Travelling With Anxiety: 4 Valuable Tips

As someone who suffers from regular doses of travel anxiety, I’m here to supply you with a few remedy tips, because I know I’m not alone in this. Whether or not you’re afraid of flying, or perhaps dislike enclosed buses, or simply do not enjoy travelling in general, I am here to provide a few travel tips which have helped me over the last few years.
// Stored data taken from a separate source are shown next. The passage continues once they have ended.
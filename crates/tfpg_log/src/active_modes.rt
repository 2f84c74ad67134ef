//! Sets of modes in which an edge, or each edge into a node, is active.

ghost use Rattle.std.specs.Prelude.{◌≡◌, ◌<◌, ◌&&◌, ℕ, length};
ghost use Rattle.std.specs.List.{list_all};
ghost use Rattle.tfpg_graph.specs.Graph.{is_active_in, edges_into};
ghost use Rattle.tfpg_log.specs.inside.ActiveModes.{has_mode};

use tfpg_graph::{Edge, Graph};

/// The modes in which something is active.
#[derive(Clone, Copy)]
pub(crate) enum ActiveModes {
    /// All modes.
    Every,
    /// Those of an edge.
    OfEdge(Edge),
}

impl ActiveModes {
    /// Whether the mode is one of them.
    pub(crate) fn has(&self, mode: u32) -> bool
        ensures { result ≡ has_mode self.now mode }
    {
        match self {
            ActiveModes::Every => true,
            ActiveModes::OfEdge(edge) => edge.is_active_in(mode),
        }
    }

    /// Those of them in which the edge is active too.
    fn and(self, edge: Edge) -> ActiveModes
        ensures { (mode : ℕ) → has_mode result mode ≡ (has_mode self mode && is_active_in edge mode) }
    {
        match self {
            ActiveModes::Every => ActiveModes::OfEdge(edge),
            ActiveModes::OfEdge(own) => ActiveModes::OfEdge(own.active_with(&edge)),
        }
    }
}

/// The modes in which all edges into the node are active at once. Goes through these edges.
pub(crate) fn modes_into(graph: &Graph, node: u32) -> ActiveModes
    requires { node < length graph.now.nodes }
    ensures { (mode : ℕ) → has_mode result mode ≡ list_all
        (λ edge. is_active_in edge mode) (edges_into graph.now node) }
{
    let mut modes = ActiveModes::Every;
    let incoming = graph.incoming(node);
    for number in incoming {
        modes = modes.and(graph.edge(*number));
    }
    modes
}
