//! What the definitions of this crate come to, as functions that do nothing: each says its law in its clause.

ghost use Rattle.std.specs.Prelude.{◌≡◌, ℕ, ◌+◌, ◌≤◌, ◌↔◌, List, [], ◌∷◌, ◌++◌, length, All, IsTrue, false, Option, Some};
ghost use Rattle.std.specs.List.{flat_map};
ghost use Rattle.tfpg_base.specs.declared.activation.Activation.{Activation};
ghost use Rattle.tfpg_base.specs.Lines.{lines_of, HasNoLineEnd, is_too_long};
ghost use Rattle.tfpg_base.specs.Trace.{time_of};
ghost use Rattle.tfpg_base.specs.Words.{line_of};
ghost use Rattle.tfpg_graph.specs.declared.edge.Edge.{Edge};
ghost use Rattle.tfpg_graph.specs.Graph.{Tfpg, is_active_in, is_monitored, edges_into};
ghost use Rattle.tfpg_graph.specs.Reach.{Reaches};
ghost use Rattle.tfpg_graph.specs.Valid.{IsValid};
ghost use Rattle.tfpg_log.specs.declared.event.Event.{Event};
ghost use Rattle.tfpg_log.specs.declared.event.Offered.TheVariants.{Accepted};
ghost use Rattle.tfpg_log.specs.declared.interval.Interval.{Interval};
ghost use Rattle.tfpg_log.specs.declared.span.Span.{Span};
ghost use Rattle.tfpg_log.specs.declared.span.Window.{Window};
ghost use Rattle.tfpg_log.specs.Log.{Logbook, GoesOn, IsLogOf, IsOrdered, now_of, event_at, alarm_of, alarm_event, alarm_interval, inactive_until, mode_at, quiet_at, is_active_at};
ghost use Rattle.tfpg_log.specs.Quiet.{IsLastQuiet};
ghost use Rattle.tfpg_log.specs.LastAlarm.{IsLastAlarm};
ghost use Rattle.tfpg_log.specs.Rules.{IsActive, HasAge, IsAge};
ghost use Rattle.tfpg_log.specs.Spans.{span_number, span_at, are_active_at, window_of, joint_of};
ghost use Rattle.tfpg_log.specs.Runs.{IsSpanOf, IsWindowRound};
ghost use Rattle.tfpg_log.specs.Explains.{Explains, Fits, ShowsAlarm, ShowsSilence};
ghost use Rattle.tfpg_log.specs.Accepted.{reply_to};
ghost use Rattle.tfpg_log.specs.AcceptedLog.{AreAccepted};
ghost use Rattle.tfpg_log.specs.EventLines.{IsNextEvent, AreNextEvents, event_words, event_line};
ghost use Rattle.tfpg_log.specs.LogOfLines.{log_of_events, log_after, log_of_lines};
ghost use Rattle.tfpg_log.specs.LogStatements.{LogStatement, SaysLogStatement, log_statement_of};

mod larger_sets;
mod window_laws;

pub use larger_sets::a_larger_set_explains_as_well;
pub use window_laws::{
    age_is_first_reached_in_each_window, age_is_the_time_in_the_window,
    ages_at_once_are_the_time_in_the_joint_window, an_active_edge_has_one_window,
    joint_window_is_what_all_have_in_common,
};

/// A line of a log is read as a statement exactly where it is written with the words of that statement.
pub fn a_line_is_read_as_it_is_written()
    ensures { (line time : List ℕ) (statement : LogStatement) →
        (log_statement_of line ≡ Some (time, statement)) ↔ SaysLogStatement line time statement }
{}

/// The line of an event that may come next in a log is accepted as this event. It is not too long, and no byte of it ends a
/// line.
pub fn the_line_of_an_event_is_accepted()
    ensures accepted { (graph : Tfpg) (log : Logbook) (event : Event) →
        IsValid graph → IsNextEvent graph log event →
        reply_to graph log (line_of (event_words graph event)) ≡ Accepted event }
    ensures short { (graph : Tfpg) (log : Logbook) (event : Event) →
        IsValid graph → IsNextEvent graph log event → is_too_long (line_of (event_words graph event)) ≡ false }
    ensures clean { (graph : Tfpg) (log : Logbook) (event : Event) →
        IsValid graph → IsNextEvent graph log event → HasNoLineEnd (line_of (event_words graph event)) }
{}

/// The lines of events that may each come next after those before are accepted, one by one, and make the log of these
/// events.
pub fn the_lines_of_events_make_their_log()
    ensures log { (graph : Tfpg) (events : List Event) → IsValid graph → AreNextEvents graph events →
        log_of_lines graph (lines_of (flat_map (event_line graph) events)) ≡ log_of_events events }
    ensures each { (graph : Tfpg) (events : List Event) → IsValid graph → AreNextEvents graph events →
        AreAccepted graph (lines_of (flat_map (event_line graph) events)) }
{}

/// The log of a list of lines grows by one line at a time. It is of its graph, and its times never fall.
pub fn a_log_of_lines_is_of_its_graph()
    ensures grows { (graph : Tfpg) (lines : List (List ℕ)) (line : List ℕ) →
        log_of_lines graph (lines ++ line ∷ []) ≡ log_after graph (log_of_lines graph lines) line }
    ensures of { (graph : Tfpg) (lines : List (List ℕ)) → IsLogOf graph (log_of_lines graph lines) }
    ensures ordered { (graph : Tfpg) (lines : List (List ℕ)) → IsOrdered (log_of_lines graph lines) }
{}

/// The event that is a node's first alarm is an alarm of it at the time of its first alarm, and no alarm of the node has a
/// lower number. There is such an event exactly where the node has an alarm.
pub fn an_alarm_event_is_the_first_alarm()
    ensures event { (log : Logbook) (node number : ℕ) → alarm_event log node ≡ Some number →
        (time : ℕ) × (event_at log number ≡ Some (Event.Alarm time node)) × (alarm_of log node ≡ Some time) }
    ensures first { (log : Logbook) (node number time : ℕ) →
        event_at log number ≡ Some (Event.Alarm time node) →
        (first : ℕ) × (alarm_event log node ≡ Some first) × (first ≤ number) }
    ensures there { (log : Logbook) (node time : ℕ) → alarm_of log node ≡ Some time →
        (number : ℕ) × (alarm_event log node ≡ Some number) }
{}

/// Of the alarms of a node the first has the least time, and the last the greatest, since times never fall.
pub fn alarms_come_between_the_first_and_the_last()
    ensures first { (log : Logbook) → IsOrdered log → (node first number time : ℕ) →
        alarm_of log node ≡ Some first → event_at log number ≡ Some (Event.Alarm time node) → first ≤ time }
    ensures last { (log : Logbook) (node number : ℕ) → IsLastAlarm log node (Some number) →
        IsOrdered log → (time other earlier : ℕ) → event_at log number ≡ Some (Event.Alarm time node) →
        event_at log other ≡ Some (Event.Alarm earlier node) → earlier ≤ time }
{}

/// Of the events that say up to which instant a node is not active the last says so of the greatest instant, since times
/// never fall.
pub fn the_last_silence_has_the_greatest_time()
    ensures { (graph : Tfpg) (log : Logbook) (node number : ℕ) → IsLastQuiet graph log node (Some number) →
        IsOrdered log → (time other earlier : ℕ) → quiet_at graph log number node ≡ Some time →
        quiet_at graph log other node ≡ Some earlier → earlier ≤ time }
{}

/// What a trace shows of alarms and silences is what the look-ups of a log say. It shows an alarm of a monitored node that
/// became active at one of the instants that the alarm leaves, and a silence of a node that is not active by the instant up
/// to which the silence says so. If a look-up finds nothing, no more is asked.
pub fn what_is_shown_is_what_is_looked_up()
    ensures alarm { (graph : Tfpg) (log : Logbook) (trace : List Activation) (node time : ℕ) →
        ShowsAlarm graph log trace node time
        ↔ (IsTrue (is_monitored graph node)
        × ((interval : Interval) → alarm_interval graph log node time ≡ Some interval →
        (active : ℕ) × (time_of trace node ≡ Some active)
        × (interval.earliest ≤ active) × (active ≤ interval.latest))) }
    ensures silence { (graph : Tfpg) (log : Logbook) (trace : List Activation) (node time : ℕ) →
        ShowsSilence graph log trace node time
        ↔ ((until : ℕ) → inactive_until graph log node time ≡ Some until → IsActive trace node until → ⊥) }
{}

/// Nothing outside a set's reach becomes active: a trace that explains a log from a set activates only nodes that the
/// set reaches.
pub fn nothing_outside_reach()
    ensures { (graph : Tfpg) (log : Logbook) (set : List ℕ) (trace : List Activation) →
        IsValid graph → Explains graph log set trace →
        All (λ activation. Reaches graph set activation.node) trace }
{}

/// Without a failure mode nothing becomes active: the one trace that explains a log from the empty set is the empty
/// trace. So the empty set fits a log only where that trace explains it.
pub fn nothing_without_failures()
    ensures trace { (graph : Tfpg) (log : Logbook) (trace : List Activation) →
        IsValid graph → Explains graph log [] trace → trace ≡ [] }
    ensures fits { (graph : Tfpg) (log : Logbook) →
        IsValid graph → Fits graph log [] → Explains graph log [] [] }
{}

/// An edge has an age exactly where its source is active and the edge is active in the mode of the instant. There is then
/// one greatest age, and what is said of the age is that it is at least so much. It is at most the time since the source
/// became active, and from one instant to the next it grows by one, where the edge is active in the mode of the next.
pub fn age_is_the_greatest()
    ensures begins { (log : Logbook) (trace : List Activation) (edge : Edge) (instant : ℕ) →
        HasAge log trace edge instant 0
        ↔ (IsActive trace edge.source instant × IsTrue (is_active_at log edge instant)) }
    ensures lesser { (log : Logbook) (trace : List Activation) (edge : Edge) (instant age : ℕ) →
        HasAge log trace edge instant (age + 1) → HasAge log trace edge instant age }
    ensures bounded { (log : Logbook) (trace : List Activation) (edge : Edge) (instant age start : ℕ) →
        time_of trace edge.source ≡ Some start → HasAge log trace edge instant age → start + age ≤ instant }
    ensures found { (log : Logbook) (trace : List Activation) (edge : Edge) (instant : ℕ) →
        HasAge log trace edge instant 0 → (age : ℕ) × IsAge log trace edge instant age }
    ensures only_one { (log : Logbook) (trace : List Activation) (edge : Edge) (instant one other : ℕ) →
        IsAge log trace edge instant one → IsAge log trace edge instant other → one ≡ other }
    ensures grows { (log : Logbook) (trace : List Activation) (edge : Edge) (instant age : ℕ) →
        HasAge log trace edge (instant + 1) (age + 1)
        ↔ (HasAge log trace edge instant age × IsTrue (is_active_at log edge (instant + 1))) }
{}

/// A span is a maximal run of instants of one mode, and up to now each instant lies in the span of its number.
pub fn spans_are_runs_of_one_mode()
    ensures run { (log : Logbook) (number horizon : ℕ) (span : Span) →
        (span_at log number horizon ≡ Some span) ↔ IsSpanOf log number horizon span }
    ensures everywhere { (log : Logbook) (instant horizon : ℕ) → instant ≤ horizon → horizon ≤ now_of log →
        (span : Span) × (span_at log (span_number log instant) horizon ≡ Some span)
        × (span.lo ≤ instant) × (instant ≤ span.hi) }
{}

/// A window is a maximal run of spans in whose modes an edge is active, or all edges into a node are, and there is one
/// round each such span.
pub fn windows_are_runs_of_spans()
    ensures of_edge { (log : Logbook) (edge : Edge) (number horizon : ℕ) (window : Window) →
        (window_of log edge number horizon ≡ Some window)
        ↔ IsWindowRound log (is_active_at log edge) number horizon window }
    ensures of_edge_found { (log : Logbook) (edge : Edge) (number horizon : ℕ) (span : Span) →
        span_at log number horizon ≡ Some span → IsTrue (is_active_in edge span.mode) →
        (window : Window) × (window_of log edge number horizon ≡ Some window) }
    ensures of_node { (graph : Tfpg) (log : Logbook) (node number horizon : ℕ) (window : Window) →
        (joint_of graph log node number horizon ≡ Some window)
        ↔ IsWindowRound log (are_active_at graph log node) number horizon window }
    ensures of_node_found { (graph : Tfpg) (log : Logbook) (node number horizon : ℕ) (span : Span) →
        span_at log number horizon ≡ Some span →
        All (λ edge. IsTrue (is_active_in edge span.mode)) (edges_into graph node) →
        (window : Window) × (joint_of graph log node number horizon ≡ Some window) }
{}

/// A log that goes on keeps its past: what comes later has a time of at least the old now, and a change of mode holds
/// only after its own instant. So now does not fall; each instant up to the old now keeps its mode, the number of its
/// span, and the ages that edges have there in a trace; and at each horizon up to the old now each span and each window
/// stays as it was. Each event keeps its number, each node's first alarm its time and its number, and an event that was
/// there says the same of when nodes are not active. So the last alarm and the last silence of a node are the same or
/// later ones.
pub fn a_log_that_goes_on_keeps_the_past()
    ensures event { (earlier later : Logbook) → GoesOn earlier later →
        (number : ℕ) (event : Event) → event_at earlier number ≡ Some event →
        event_at later number ≡ Some event }
    ensures alarm { (earlier later : Logbook) → GoesOn earlier later →
        (node time : ℕ) → alarm_of earlier node ≡ Some time → alarm_of later node ≡ Some time }
    ensures alarm_event { (earlier later : Logbook) → GoesOn earlier later →
        (node number : ℕ) → alarm_event earlier node ≡ Some number → alarm_event later node ≡ Some number }
    ensures last_alarm { (earlier later : Logbook) → GoesOn earlier later →
        (node number : ℕ) → IsLastAlarm earlier node (Some number) →
        (last : Option ℕ) → IsLastAlarm later node last →
        (other : ℕ) × (last ≡ Some other) × (number ≤ other) }
    ensures silence { (graph : Tfpg) (earlier later : Logbook) → GoesOn earlier later →
        (number node : ℕ) → number ≤ length earlier.events →
        quiet_at graph later number node ≡ quiet_at graph earlier number node }
    ensures last_silence { (graph : Tfpg) (earlier later : Logbook) → GoesOn earlier later →
        (node number : ℕ) → IsLastQuiet graph earlier node (Some number) →
        (last : Option ℕ) → IsLastQuiet graph later node last →
        (other : ℕ) × (last ≡ Some other) × (number ≤ other) }
    ensures now { (earlier later : Logbook) → IsOrdered later → GoesOn earlier later →
        now_of earlier ≤ now_of later }
    ensures mode { (earlier later : Logbook) → IsOrdered later → GoesOn earlier later →
        (instant : ℕ) → instant ≤ now_of earlier → mode_at later instant ≡ mode_at earlier instant }
    ensures number { (earlier later : Logbook) → IsOrdered later → GoesOn earlier later →
        (instant : ℕ) → instant ≤ now_of earlier → span_number later instant ≡ span_number earlier instant }
    ensures span { (earlier later : Logbook) → IsOrdered later → GoesOn earlier later →
        (number horizon : ℕ) → horizon ≤ now_of earlier →
        span_at later number horizon ≡ span_at earlier number horizon }
    ensures window { (earlier later : Logbook) → IsOrdered later → GoesOn earlier later →
        (number horizon : ℕ) → horizon ≤ now_of earlier →
        (edge : Edge) → window_of later edge number horizon ≡ window_of earlier edge number horizon }
    ensures joint { (earlier later : Logbook) → IsOrdered later → GoesOn earlier later →
        (number horizon : ℕ) → horizon ≤ now_of earlier →
        (graph : Tfpg) (node : ℕ) → joint_of graph later node number horizon
        ≡ joint_of graph earlier node number horizon }
    ensures age { (earlier later : Logbook) → IsOrdered later → GoesOn earlier later →
        (trace : List Activation) (edge : Edge) (instant age : ℕ) → instant ≤ now_of earlier →
        HasAge later trace edge instant age ↔ HasAge earlier trace edge instant age }
{}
I noticed my travel anxiety just over two years ago. The thought of buses terrified me, and on various occasions, I’d feel extremely unwell before or during a flight. I couldn’t make sense of it at first, but in time I’ve learned that anxiety comes in all shapes and forms, and in this instance, it can truly hit when putting yourself out of your comfort zone. Here are a few things that have helped me, and may help others when travelling with anxiety.

Packing Your Bag

When travelling with anxiety, it’s necessary to carry essential goods in your carry on bag, or bag-pack. I’m emetophobic (meaning I dislike getting sick and am triggered by germs and unwell passengers), so packing essentials such as anti sickness medication, hand sanitiser, or even just sweets to suck, calm me down immensely. If you find comfort in something and know it may calm you down, carry it as close as possible. Even if you don’t need it, you’ll find comfort in knowing that it’s there. Pro tip* Write a list. There’s nothing better than ticking off a list, knowing you have everything you need.

Pack Water & Sweets

When you’re anxious, it’s extremely common to fall unwell, or feel sick in your tummy. When confined on a small bus, or in a flying plane, some people may panic and feel like there’s little to no escape. Carry a bottle of water for dry mouth situations, and bring sweets to distract yourself. I find comfort in sucking sweets, becoming completely aware of the actions in my mouth. Using methods of distractions will aid you back to normality.

Dress Appropriately

I’ve had my fair share of panic attacks on board a hot bus, and during these moments, have regretted not wearing appropriate clothing. When we panic, Adrenalin rushes and our blood pumps faster. We can feel flushed or over heated within seconds, so being able to remove clothing into a light t-shirt is always a massive plus. Whether you’re travelling in the height of Winter or during the biggest heatwave, try and dress as light and comfortably as possible. It’ll prevent panic of confinement when you’re overheating.

Tell Someone

When I first started to notice my travel anxiety, I regretfully never voiced what exactly was going on in my head. Instead, I’d panic, stressing those around me. At the end of the day, not everyone understands anxiety or how to help you, so telling someone you trust in advance may help aid their assistance. It’s taken me a long while to fully comprehend why I panic, or why it happens to me, but I’ve slowly self discovered, now giving me the courage to tell a trusting friend or family member.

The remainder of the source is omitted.